• Vol. 34 No. 1, 36–43
  • 15 January 2005

Preventing Renal Transplant Failure

34



ABSTRACT

Introduction: Allograft failure due to immunological or non-immunological causes or a combination and patient death after transplantation are the 2 major causes of renal transplant loss. This paper reviews the various causes of allograft failure and explores strategies for its prevention. Results: Immune mechanisms of renal allograft failure are those mediated by acute and chronic rejection and are initiated by human leukocyte antigen (HLA) disparity between donor and recipient and increased recipient immune responsiveness that results in pre-sensitisation against HLA antigens. Better HLA matching between donor and recipient in both live-donor and cadaveric renal transplant recipients and the use of more potent immunosuppressants has reduced the incidence of acute rejection and resulted in improved overall graft survivals in recent years. However, as the use of more potent immunosuppression increases the risk of infections and malignancy, tailoring therapy by administering more potent immunosuppression to those at higher immunological risk may result in a better balance between the risks and benefits of immunosuppressive therapies. Ischaemia of the donor kidney, calcineurin inhibitor (CNI), mediated nephrotoxicity, reduced renal mass, hypertension, hyperlipidaemia and infections contribute to allograft failure through non-immunological mechanisms. Indeed, any cause of renal injury that results in nephron loss, either immunological or non-immunological, leads to reduced renal mass and initiates further renal damage due to hyperfiltration. Optimising these factors and minimising CNI nephrotoxicity are critical in reducing chronic allograft failure. Conclusions: Optimising each of these time-dependent and immunosuppressive drug-related factors would allow the maximisation of renal allograft function and survival.
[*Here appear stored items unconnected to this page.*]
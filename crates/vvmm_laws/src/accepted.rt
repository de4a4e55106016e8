ghost use Rattle.vvmm_laws.specs.Runs.{AuditsRuns};

/// What the audit line of a run is shown is an audit.
pub fn the_audit_line_of_a_run_is_an_audit()
    ensures { AuditsRuns }
{}
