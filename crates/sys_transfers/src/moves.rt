ghost use Rattle.std.specs.Prelude.{◌≡◌, ◌+◌, ◌*◌, ◌<◌, ◌≤◌, IfSome, length};
ghost use Rattle.sys_store.specs.Job.{job_text};
ghost use Rattle.sys_state.specs.Transfers.{to_print, to_read, to_write};
ghost use Rattle.sys_transfers.specs.Serves.{Carries, PrintsOf, guest_scene, packet_of};
ghost use Rattle.vm_guest.specs.Kept.{IsShadowedIn, guest_in};
ghost use Rattle.vm_state.specs.Outside.{bytes_at};

use crate::packets::{Request, is_outside};
use sys_objects::{GuestRow, Mount};
use sys_store::{Volumes, print_job};
use vax_hw::Hardware;
use vm_guest::Guest;
use vv_base::Text;

/// The statuses of a packet: it was moved; nothing is at the unit; what is there is mounted for reading; the volume has no such
/// block; a buffer isn't in memory.
const MOVED: u32 = 1;

const NO_UNIT: u32 = 3;

const READ_ONLY: u32 = 4;

const NO_BLOCK: u32 = 5;

const NO_MEMORY: u32 = 6;

/// The longest text that is printed, in bytes.
const MOST_PRINTED: u32 = 132;

/// Room for a block.
fn empty_block() -> [u8; 512]
    ensures { length result ≡ 512 }
{
    [0; 512]
}

/// Room for the longest text.
fn empty_text() -> [u8; 132] {
    [0; 132]
}

/// Reads a block into the guest's memory; answers the status.
pub fn read<H: Hardware>(
    machine: &mut H,
    guest: &mut Guest,
    volumes: &Volumes,
    unit: Option<Mount>,
    p: &Request,
) -> u32
    requires stands { IsShadowedIn (H.machine machine.old).memory guest.old }
    requires mounted { IfSome unit (λ x. x.volume < length volumes.now) }
    ensures { Carries (to_read (512 * guest.old.state.pages) volumes.now unit (packet_of p.now)) (packet_of p.now)
        (guest_scene volumes.now (H.machine machine.old) guest.old) result
        (guest_scene volumes.now (H.machine machine.new) guest.new) }
{
    let Some(mount) = unit else {
        return NO_UNIT;
    };
    let mut bytes = empty_block();
    if volumes
        .read_block(mount.volume, p.block, &mut bytes)
        .is_err()
    {
        return NO_BLOCK;
    }
    if is_outside(guest, p.buffer, 512) {
        return NO_MEMORY;
    }
    guest.store(machine, p.buffer, &bytes);
    MOVED
}

/// Writes a block from the guest's memory; answers the status.
pub fn write<H: Hardware>(
    machine: &H,
    guest: &Guest,
    volumes: &mut Volumes,
    unit: Option<Mount>,
    p: &Request,
) -> u32
    requires stands { IsShadowedIn (H.machine machine.now).memory guest.now }
    requires mounted { IfSome unit (λ x. x.volume < length volumes.old) }
    ensures { Carries (to_write (512 * guest.now.state.pages) volumes.old unit (packet_of p.now)) (packet_of p.now)
        (guest_scene volumes.old (H.machine machine.now) guest.now) result
        (guest_scene volumes.new (H.machine machine.now) guest.now) }
{
    let Some(mount) = unit else {
        return NO_UNIT;
    };
    if !mount.write {
        return READ_ONLY;
    }
    if !volumes.has_block(mount.volume, p.block) {
        return NO_BLOCK;
    }
    if is_outside(guest, p.buffer, 512) {
        return NO_MEMORY;
    }
    let mut bytes = empty_block();
    guest.fetch_into(machine, p.buffer, &mut bytes);
    let _ = volumes.write_block(mount.volume, p.block, &bytes);
    MOVED
}

/// The text of a guest that is printed.
fn job_of<H: Hardware>(machine: &H, guest: &Guest, row: &GuestRow, p: &Request) -> Text<640>
    requires stands { IsShadowedIn (H.machine machine.now).memory guest.now }
    requires short { p.now.size ≤ 132 }
    requires inside { p.now.buffer + p.now.size ≤ 512 * guest.now.state.pages }
    ensures { result ≡ job_text row.now.class row.now.name (bytes_at (guest_in (H.machine machine.now).memory guest.now) p.now.buffer p.now.size) }
{
    let mut text = empty_text();
    let part = &mut text[..p.size as usize];
    guest.fetch_into(machine, p.buffer, part);
    print_job(&row.class, &row.name, part)
}

/// Prints a text of the guest; answers the status, and the job where one is printed.
pub fn print<H: Hardware>(
    machine: &H,
    guest: &Guest,
    row: &GuestRow,
    p: &Request,
) -> (u32, Option<Text<640>>)
    requires stands { IsShadowedIn (H.machine machine.now).memory guest.now }
    ensures { PrintsOf row.now (packet_of p.now) (guest_in (H.machine machine.now).memory guest.now)
        (to_print (512 * guest.now.state.pages) (packet_of p.now)) result.0 result.1 }
{
    if MOST_PRINTED < p.size {
        return (NO_MEMORY, None);
    }
    if is_outside(guest, p.buffer, p.size) {
        return (NO_MEMORY, None);
    }
    (MOVED, Some(job_of(machine, guest, row, p)))
}
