ghost use Rattle.vvmm_laws.specs.Machine.{ChangesWhatItReads, DependsOnWhatItReads, ReadsAtTheSamePlaces};

/// The outcome of an instruction on the machine depends on memory only by the bytes that it asks for and by the table
/// longwords of its walks.
pub fn instructions_depend_on_what_they_read()
    ensures { DependsOnWhatItReads }
{}

/// A machine that has the same bytes there reads the same places.
pub fn reads_are_at_the_same_places()
    ensures { ReadsAtTheSamePlaces }
{}

/// An instruction that retires changes memory only at places that it reads.
pub fn instructions_change_what_they_read()
    ensures { ChangesWhatItReads }
{}
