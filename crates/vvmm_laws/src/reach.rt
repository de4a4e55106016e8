ghost use Rattle.vvmm_laws.specs.Reach.{ClosedSetsAreApart, DependsOnlyOnReached, UnnamedIsApart};

/// Into a set of objects no edge leads from outside. Then two inputs that differ in the inputs of objects outside alone
/// give the same on the device of each object of the set.
pub fn closed_sets_are_apart()
    ensures { ClosedSetsAreApart }
{}

/// An object is not reached from another. Then two inputs that differ in the other's inputs alone give the same on its
/// device: a terminal's, a printer's or the audit's line, a volume's drive, a guest's dump.
pub fn devices_depend_on_what_reaches()
    ensures { DependsOnlyOnReached }
{}

/// The rows of `reach` don't name an object among those reached from another. Then two inputs that differ in the other's inputs
/// alone give the same on the object's device.
pub fn what_reach_does_not_name_is_apart()
    ensures { UnnamedIsApart }
{}
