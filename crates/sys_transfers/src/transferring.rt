ghost use Rattle.std.specs.Prelude.{◌≡◌, length, map};
ghost use Rattle.sys_guests.specs.Kernel.{IsKernel, Leads, kernel_state, scene};
ghost use Rattle.sys_guests.specs.Layout.{guests_in};
ghost use Rattle.sys_guests.specs.Present.{KeepsAll};
ghost use Rattle.sys_state.specs.FirstTouches.{touches_of_transfers};
ghost use Rattle.sys_state.specs.Transfers.{transfers};

use crate::guests::serve_at;
use sys_guests::Kernel;
use sys_store::Volumes;
use vax_hw::Hardware;
use vv_io::Lines;

/// The transfers of a round, guest by guest, packet by packet.
pub fn transfer<H: Hardware, L: Lines>(
    machine: &mut H,
    lines: &mut L,
    kernel: &mut Kernel,
    volumes: &mut Volumes,
)
    requires holds { IsKernel (H.machine machine.old).memory kernel.old }
    requires volumes { length volumes.old ≡ length kernel.old.config.volumes }
    ensures leads { Leads (transfers kernel.old.config (kernel_state
        (H.machine machine.old).memory kernel.old volumes.old)) (scene (H.machine machine.old) kernel.old (L.lines lines.old)) (scene (H.machine machine.new) kernel.new (L.lines lines.new)) volumes.new }
    ensures sizes { map length volumes.new ≡ map length volumes.old }
    ensures present { KeepsAll (touches_of_transfers kernel.old.config kernel.old.config.guests
        (kernel_state (H.machine machine.old).memory kernel.old volumes.old).mounts
        (guests_in (H.machine machine.old).memory kernel.old.guests.items) volumes.old) kernel.old.guests.items
        kernel.new.guests.items }
{
    for place in 0..kernel.guests.len() {
        serve_at(machine, lines, kernel, volumes, place);
    }
}
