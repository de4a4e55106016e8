//! The transfers that guests ask for by packets: blocks of volumes read and written, texts printed.
#![tactic(auto)]

mod guests;
mod moves;
mod packets;
mod printing;
mod serving;
mod transferring;

pub use serving::serve;
pub use transferring::transfer;
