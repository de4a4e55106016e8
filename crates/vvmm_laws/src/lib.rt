//! Laws that nothing uses: which answers must come, what reaches what, what instructions depend on. Others speak of accepted
//! audits, and of what the lines of one guest get.
#![tactic(auto)]

mod accepted;
mod laws;
mod live;
mod machine;
mod others;
mod reach;
mod snaps;
mod traces;

pub use accepted::the_audit_line_of_a_run_is_an_audit;
pub use laws::{
    a_broken_rule_is_told, a_configuration_is_shown, a_failed_line_is_told, a_file_is_shown,
    a_guest_runs_alone, a_load_names_a_failed_line, a_missing_configuration_is_told,
    a_missing_file_is_told, a_missing_image_is_told, a_refused_configuration_is_told,
    a_refused_line_is_told, a_refused_script_is_told, a_run_names_a_failed_drive,
    a_run_names_a_failed_line, a_too_long_configuration_is_told, a_too_long_file_is_told,
    a_too_long_image_is_told, load_has_few_answers, load_is_complete, run_is_complete,
    solo_is_complete, the_first_missing_file_is_told, the_first_too_long_file_is_told,
};
pub use live::{
    a_line_more_is_alike, a_live_run_names_a_failed_drive, a_live_run_names_a_failed_line,
    a_refused_configuration_to_live_is_told, live_is_complete, live_runs_agree,
    the_first_image_to_live_that_does_not_fit_is_told, the_first_missing_file_to_live_is_told,
    the_first_too_long_file_to_live_is_told, the_first_volume_to_live_of_another_size_is_told,
    typing_keeps_drives, typing_keeps_lines,
};
pub use machine::{
    instructions_change_what_they_read, instructions_depend_on_what_they_read,
    reads_are_at_the_same_places,
};
pub use others::other_devices_are_left;
pub use reach::{
    closed_sets_are_apart, devices_depend_on_what_reaches, what_reach_does_not_name_is_apart,
};
pub use snaps::{
    a_refused_configuration_to_save_is_told, a_refused_script_to_resume_is_told,
    a_refused_script_to_save_is_told, a_refused_snapshot_is_told, a_resume_names_a_failed_drive,
    a_resume_names_a_failed_line, a_save_names_a_failed_line, a_too_large_snapshot_is_told,
    extend_is_complete, parts_of_a_run_are_one_run, resume_is_complete, save_is_complete,
    the_first_image_to_save_that_does_not_fit_is_told, the_first_missing_file_to_resume_is_told,
    the_first_missing_file_to_save_is_told, the_first_too_long_file_to_resume_is_told,
    the_first_too_long_file_to_save_is_told, the_first_volume_to_resume_of_another_size_is_told,
    the_first_volume_to_save_of_another_size_is_told,
};
pub use traces::{a_trace_is_the_run_of_solo, trace_is_complete};
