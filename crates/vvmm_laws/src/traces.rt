ghost use Rattle.vvmm_call.specs.Answer.{FollowsTrace};
ghost use Rattle.sys_runs.specs.Besides.{MissesArePaid};
ghost use Rattle.vvmm_laws.specs.Complete.{CompletesImage};
ghost use Rattle.vvmm_laws.specs.Traced.{TraceIsSolo};

/// What `trace` leaves of the shelf, the machine, the lines and the drives is what `solo` leaves for the same words, and so is its
/// answer, over an output that fails where that of `trace` fails.
pub fn a_trace_is_the_run_of_solo()
    ensures { TraceIsSolo }
{}

/// A held image within the limit that fits, and no risen count, give `Done` of `trace`, or `NoMemory` before anything is shown.
pub fn trace_is_complete()
    ensures { CompletesImage (FollowsTrace MissesArePaid) }
{}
Renal transplantation is the best form of renal replacement therapy for patients with end-stage renal failure (ESRF), in comparison to dialysis, as it is associated with higher patient survivals, lower hospitalisation rates and a superior quality of life. However, the ever-increasing numbers of new patients with ESRF and the limited but static supply of donor kidneys for transplant mandate that every renal transplant be optimised to achieve long-term patient and allograft survival. Patient death after transplantation and allograft failure are the 2 major causes of transplant loss. Although patient survival following a renal transplant is higher than that for ESRF patients on dialysis, renal transplant (RTx) recipients nevertheless remain at risk for death from cardiovascular disease due to their prior history of renal disease, hypertension, excess atherosclerotic vascular disease and other comorbidities such as diabetes, and at risk for death from infection because of the need for long-term immunosuppression. At the Singapore General Hospital, RTx recipients transplanted under cyclosporine (CsA)-based therapy between 1994 and 1999 had overall 1- and 5-year patient survivals of 99% and 97% for live-donor (LD) grafts and 96% and 92% for cadaveric (CAD) grafts and 1- and 5-year graft survivals of 98% and 92% for LD grafts and 87% and 79% for CAD grafts respectively.1 Among those who died or sustained graft loss after LD or CAD transplant, 6% of LD and 27% of CAD RTx, respectively, had died with a functioning allograft; the remainder lost their allografts to immunological and non-immunological causes. Thus, allograft failure over time after renal transplantation is a significant problem and poses challenges in the management of RTx.